Our first impressions of the former member for New England was that maybe he was out of touch with the townsfolk of North New South Wales. However, despite his regal demeanour and diligent use of the Queen’s English, his conflict resolution skills amongst the drug-addled lower crust of the Werris Creek TAB made us think he may, in fact, be a man for all voters.
Mr Windsor’s campaign team was present – a slick operation of media, design, speech-writing and security professionals. Our cameraman Peter, our intern Jacques and I piled into a convoy of jet black four-wheel-drives. The sounds of each vehicle’s ignition were harmonised from front to back, as was their indicators as we made tracks for the Windsor family property.
After giving us a good look at his family property and the multi-million dollar irrigation system that both he and his son have patented, Mr Windsor sat down over a chilled glass of prune juice to tell us a bit about the family.
“I have a large dynasty of grandchildren coming up. The Windsor family are not leaving the plains anytime soon. I ‘spose that’s probably one of the reasons I am inclined to worry about the very real possibility of Climate Change,” he says to me, amidst the buzz and chatter of the 10-15 campaign staffers surrounding us on their laptops and satellite phones.
The Independent candidate tells me of a frightening recurring dream he has about his grandson, Max (2), being forced to live out his adulthood as a drifting loner in a civilisation that is rapidly collapsing due to war and critical resource shortages.
“I dreamt that Max takes over the family farm, but the entire operation falls apart due to drought and a lack of investment in the renewables sector,” says Mr Windsor, as a very concerned look falls across his face.

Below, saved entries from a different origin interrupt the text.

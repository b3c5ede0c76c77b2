use ra_condition::Condition;

/// A condition to be told of: its group and its place there, its hits after the last frame, and how many frames there are.
#[derive(Clone, Copy)]
pub(crate) struct ConditionLines<'a> {
    pub group: usize,
    pub place: usize,
    pub condition: &'a Condition,
    pub hits: u32,
    pub frames: u64,
}
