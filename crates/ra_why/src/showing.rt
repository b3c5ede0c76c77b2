//! What a frame shows of a trigger, noted in its account.

ghost use Rattle.std.specs.Prelude.{◌≡◌, ◌+◌, ◌<◌, ◌^◌, ◌∷◌, ◌&&◌, true, length, List};
ghost use Rattle.ra_account.specs.Triggers.{IsReady, IsTriggerAccount, TriggerRow, row_with};
ghost use Rattle.ra_condition.specs.Contents.{trigger_contents, trigger_hits};
ghost use Rattle.ra_explain.specs.RowLists.{truths_laid};
ghost use Rattle.ra_member.specs.Readings.{numbers_at};
ghost use Rattle.ra_member.specs.Runs.{IsTriggerRun, MayFill, StepsAchievement};
ghost use Rattle.ra_trigger.specs.States.{is_waiting};
ghost use Rattle.ra_why.specs.Frames.{shown_by};
ghost use Rattle.ra_why.specs.Watching.{IsRoom, row_of, row_read};

use crate::room::Room;
use crate::sides::read_sides;
use ra_account::{Row, TriggerAccount};
use ra_condition::TriggerText;
use ra_member::TriggerRun;
use ra_memref::Table;
use ra_trigger::{Change, State};

// Reads what the table's last sample shows of an achievement, and steps it by that.
pub(crate) fn take_frame(
    text: &TriggerText,
    table: &Table,
    run: &mut TriggerRun,
    room: &mut Room,
) -> Change
    requires run { IsTriggerRun table.now.nodes (trigger_contents text.now) run.old }
    requires sampled { table.now.sampled ≡ true }
    requires room { IsRoom (trigger_hits (trigger_contents text.now)) room.old }

    ensures run { IsTriggerRun table.now.nodes (trigger_contents text.now) run.new }
    ensures steps { StepsAchievement table.now (trigger_contents text.now) run.old run.new result }
    ensures room { IsRoom (trigger_hits (trigger_contents text.now)) room.new }
    ensures read { row_of room.new ≡ row_read table.now.values run.old }
    ensures waited { (is_waiting result.before && is_waiting result.after)
        ≡ (shown_by (trigger_contents text.now) run.old.trigger (row_read table.now.values run.old)).moment.waited }
{
    read_frame(table, run, room);
    let laid = &run.laid;
    run.trigger.step(text, laid.order(), laid.pauses(), &room.truths, &room.lefts)
}

// Notes in an account what a frame over a memory of `size` bytes showed, by what it changed.
pub(crate) fn note_frame(
    text: &TriggerText,
    size: u32,
    change: Change,
    room: &Room,
    account: &mut TriggerAccount,
)
    requires room { IsRoom (trigger_hits (trigger_contents text.now)) room.now }
    requires ready { IsReady (trigger_contents text.now) account.old }
    requires few { account.old.frames < 2 ^ 60 }

    ensures ready { IsReady (trigger_contents text.now) account.new }
    ensures counted { account.new.frames ≡ account.old.frames + 1 }
    ensures noted { (earlier : List TriggerRow) → IsTriggerAccount (trigger_contents text.now) size earlier account.old
        → IsTriggerAccount (trigger_contents text.now) size
        (row_with (trigger_contents text.now) (is_waiting change.before && is_waiting change.after) (row_of room.now)
        ∷ earlier) account.new }
{
    let row = Row {
        truths: &room.truths,
        lefts: &room.lefts,
        rights: &room.rights,
        hits: &room.hits,
    };
    account.note(text, size, stays_waiting(change), &row);
}

// Reads what the table's last sample shows of a trigger that was not yet stepped by it, and its hits.
fn read_frame(table: &Table, run: &TriggerRun, room: &mut Room)
    requires laid { MayFill table.now.nodes run.now.laid }
    requires sampled { table.now.sampled ≡ true }
    requires room { IsRoom (length run.now.laid.ops) room.old }
    requires kept { length run.now.trigger.hits ≡ length run.now.laid.ops }

    ensures room { IsRoom (length run.now.laid.ops) room.new }
    ensures truths { room.new.truths.items ≡ truths_laid table.now.values run.now.laid }
    ensures lefts { room.new.lefts.items ≡ numbers_at table.now.values run.now.laid.plan.lefts }
    ensures rights { room.new.rights.items ≡ numbers_at table.now.values run.now.laid.plan.rights }
    ensures hits { room.new.hits.items ≡ run.now.trigger.hits }
{
    read_sides(
        &run.laid,
        table,
        &mut room.truths,
        &mut room.lefts,
        &mut room.rights,
    );
    room.hits.copy_from_slice(run.trigger.hits());
}

// Whether a trigger was waiting and waits after a frame, as it does where it is valid.
fn stays_waiting(change: Change) -> bool
    ensures { result ≡ (is_waiting change.before && is_waiting change.after) }
{
    matches!(change.before, State::Waiting) && matches!(change.after, State::Waiting)
}
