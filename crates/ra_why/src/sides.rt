//! The comparisons of a plan's conditions and the values of both sides, read from a table.

ghost use Rattle.std.specs.Prelude.{◌≡◌, true, length};
ghost use Rattle.ra_member.specs.Laid.{left_nodes, right_nodes, operators};
ghost use Rattle.ra_member.specs.Readings.{AreValued, numbers_at, truths_by};
ghost use Rattle.ra_member.specs.Runs.{MayFill};
ghost use Rattle.ra_explain.specs.RowLists.{truths_laid};

use ra_member::{Laid, Sides};
use ra_memref::Table;
use ra_operand::holds;

// Reads at the table's last sample whether each comparison holds, and the values of its sides.
pub(crate) fn read_sides(
    laid: &Laid,
    table: &Table,
    truths: &mut [bool],
    lefts: &mut [u32],
    rights: &mut [u32],
)
    requires may { MayFill table.now.nodes laid.now }
    requires sampled { table.now.sampled ≡ true }
    requires truths { length truths.old ≡ length laid.now.ops }
    requires lefts { length lefts.old ≡ length laid.now.ops }
    requires rights { length rights.old ≡ length laid.now.ops }

    ensures truths { truths.new ≡ truths_laid table.now.values laid.now }
    ensures lefts { lefts.new ≡ numbers_at table.now.values laid.now.plan.lefts }
    ensures rights { rights.new ≡ numbers_at table.now.values laid.now.plan.rights }
{
    read_rows(table, laid.sides(), truths, lefts, rights);
}

// The same by what each condition compares.
fn read_rows(
    table: &Table,
    sides: &[Sides],
    truths: &mut [bool],
    lefts: &mut [u32],
    rights: &mut [u32],
)
    requires left_nodes { AreValued table.now.nodes (left_nodes sides.now) }
    requires right_nodes { AreValued table.now.nodes (right_nodes sides.now) }
    requires sampled { table.now.sampled ≡ true }
    requires truths { length truths.old ≡ length sides.now }
    requires lefts { length lefts.old ≡ length sides.now }
    requires rights { length rights.old ≡ length sides.now }

    ensures truths { truths.new ≡ truths_by (operators sides.now) (numbers_at table.now.values (left_nodes sides.now))
        (numbers_at table.now.values (right_nodes sides.now)) }
    ensures lefts { lefts.new ≡ numbers_at table.now.values (left_nodes sides.now) }
    ensures rights { rights.new ≡ numbers_at table.now.values (right_nodes sides.now) }
{
    for place in 0..least(sides, truths, lefts, rights) {
        let here = sides[place];
        let left = table.value(here.left);
        let right = table.value(here.right);
        lefts[place] = left;
        rights[place] = right;
        truths[place] = holds(here.op, left, right);
    }
}

// The least of the lengths of these rows, which are all the same: the compiler learns it here and leaves out the test of
// each place.
fn least(sides: &[Sides], truths: &[bool], lefts: &[u32], rights: &[u32]) -> usize
    requires truths { length truths.now ≡ length sides.now }
    requires lefts { length lefts.now ≡ length sides.now }
    requires rights { length rights.now ≡ length sides.now }
    ensures { result ≡ length sides.now }
{
    let read = lefts.len().min(rights.len()).min(truths.len());
    sides.len().min(read)
}
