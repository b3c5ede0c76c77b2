use ra_condition::Group;

/// The alt groups to be told of: the hits of all conditions of the trigger after the last frame, of which those of the
/// alts start at `from`, and how many frames there are.
#[derive(Clone, Copy)]
pub(crate) struct AltLines<'a> {
    pub from: usize,
    pub groups: &'a [Group],
    pub hits: &'a [u32],
    pub frames: u64,
}
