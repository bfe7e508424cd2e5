//! The end of desks' work: their records in the order of turns, and their words.

ghost use Rattle.std.specs.Prelude.{◌≡◌, ◌+◌, All, vec_len};
ghost use Rattle.xbar_fabric.specs.Views.{IsDeskOf};
ghost use Rattle.marker_tests.specs.Shifts.{AreInOrder};

use super::driving::DeskAtWork;
use crate::fixtures::check_history;
use std::alloc::Global;
use std::process::Abort;
use xbar_fabric::{Desk, Fabric, shut_all};
use xbar_office::Record;
use xbar_plan::Plan;

/// Appends an idle desk, at the index of its marker.
fn put_desk(rt: &impl Abort, _fabric: &Fabric, desks: &mut Vec<Desk>, desk: Desk)
    requires desks { AreInOrder desks.old.items _fabric.now }
    requires desk { IsDeskOf desk _fabric.now }
    ensures order { AreInOrder desks.new.items _fabric.now }
    ensures count { vec_len desks.new ≡ vec_len desks.old + 1 }
{
    assert!(rt; desk.is_idle(), "each job has ended");
    assert!(rt;
        desk.marker() as usize == desks.len(),
        "desks keep their places"
    );
    if desks.push(desk).is_err() {
        panic!(rt; "there is memory for a desk");
    }
}

/// Appends the records of a desk.
fn put_records(rt: &impl Abort, log: &mut Vec<Record>, records: &mut Vec<Record>) {
    if records.append(log).is_err() {
        panic!(rt; "there is memory for records");
    }
}

/// Takes desks apart from their records, which it appends to `records`.
fn part(
    rt: &impl Abort,
    alloc: Global,
    fabric: &Fabric,
    shifts: Vec<DeskAtWork>,
    records: &mut Vec<Record>,
) -> Vec<Desk>
    requires { All (λ shift. IsDeskOf shift.desk fabric.now) shifts.items }
    ensures order { AreInOrder result.items fabric.now }
    ensures count { vec_len result ≡ vec_len shifts }
{
    let mut desks = Vec::new(alloc);
    for mut shift in shifts {
        put_records(rt, &mut shift.log, records);
        put_desk(rt, fabric, &mut desks, shift.desk);
    }
    desks
}

/// Shuts desks that have ended their jobs, and checks that their records are one legal history and
/// the words those of the office after it. Returns the records in turn order.
pub fn check_end(
    rt: &impl Abort,
    alloc: Global,
    plan: &Plan,
    fabric: Fabric,
    shifts: Vec<DeskAtWork>,
) -> Vec<Record>
    requires shifts { All (λ shift. IsDeskOf shift.desk fabric) shifts.items }
    requires count { vec_len shifts ≡ fabric.count }
{
    let mut records = Vec::new(alloc);
    let desks = part(rt, alloc, &fabric, shifts, &mut records);
    let Ok(words) = shut_all(alloc, fabric, desks) else {
        panic!(rt; "there is memory for the words");
    };
    records
        .as_mut_slice()
        .sort_unstable_by_key(|record| record.turn);
    check_history(rt, alloc, plan, "shut", &records, &words);
    records
}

“When the remaining Windsor clan are murdered by a vicious biker gang, Max kills them in revenge and travels the highways in a heavily modified V8 Interceptor.”
“While Australia degenerates further into barbarity, Max becomes a skilled warrior of the road, and finds himself helping pockets of civilisation, initially for his own self-interest, but his motives eventually drift into idealism,”
“That is why it is time to act now. The approval for an open-cut coal mine 50 clicks from here is just the beginning of the end. Not to mention those darstard Chemtrails,”
Out of nowhere Tony’s wife, Lynn, appears from the back shed carrying two fold-out poker tables under each arm.
“Alright, you lot. Clear off,” says the gentle family matriarch.
“I’ve got bridge in half an hour and I don’t want anyone listening in. Rosemary says she’s got the good oil this week,”
“Tony, darling, please take these people back into town,”
And just like that, Team Windsor piles back into the eight heavily tinted four wheel drives and make tracks for the former NSW rail terminus of Werris Creek.
As I sit on the roadside with Mr Windsor in front of the town’s world-renowned Rail Museum, the 65-year-old begins to talk.
His staffers have been told to wait inside the SUV’s until he has finished the interview. We have him for 45 minutes, long enough for two fully loaded coal trains to bypass the town, straight for the ships to China. It’s an issue that he can’t avoid talking about.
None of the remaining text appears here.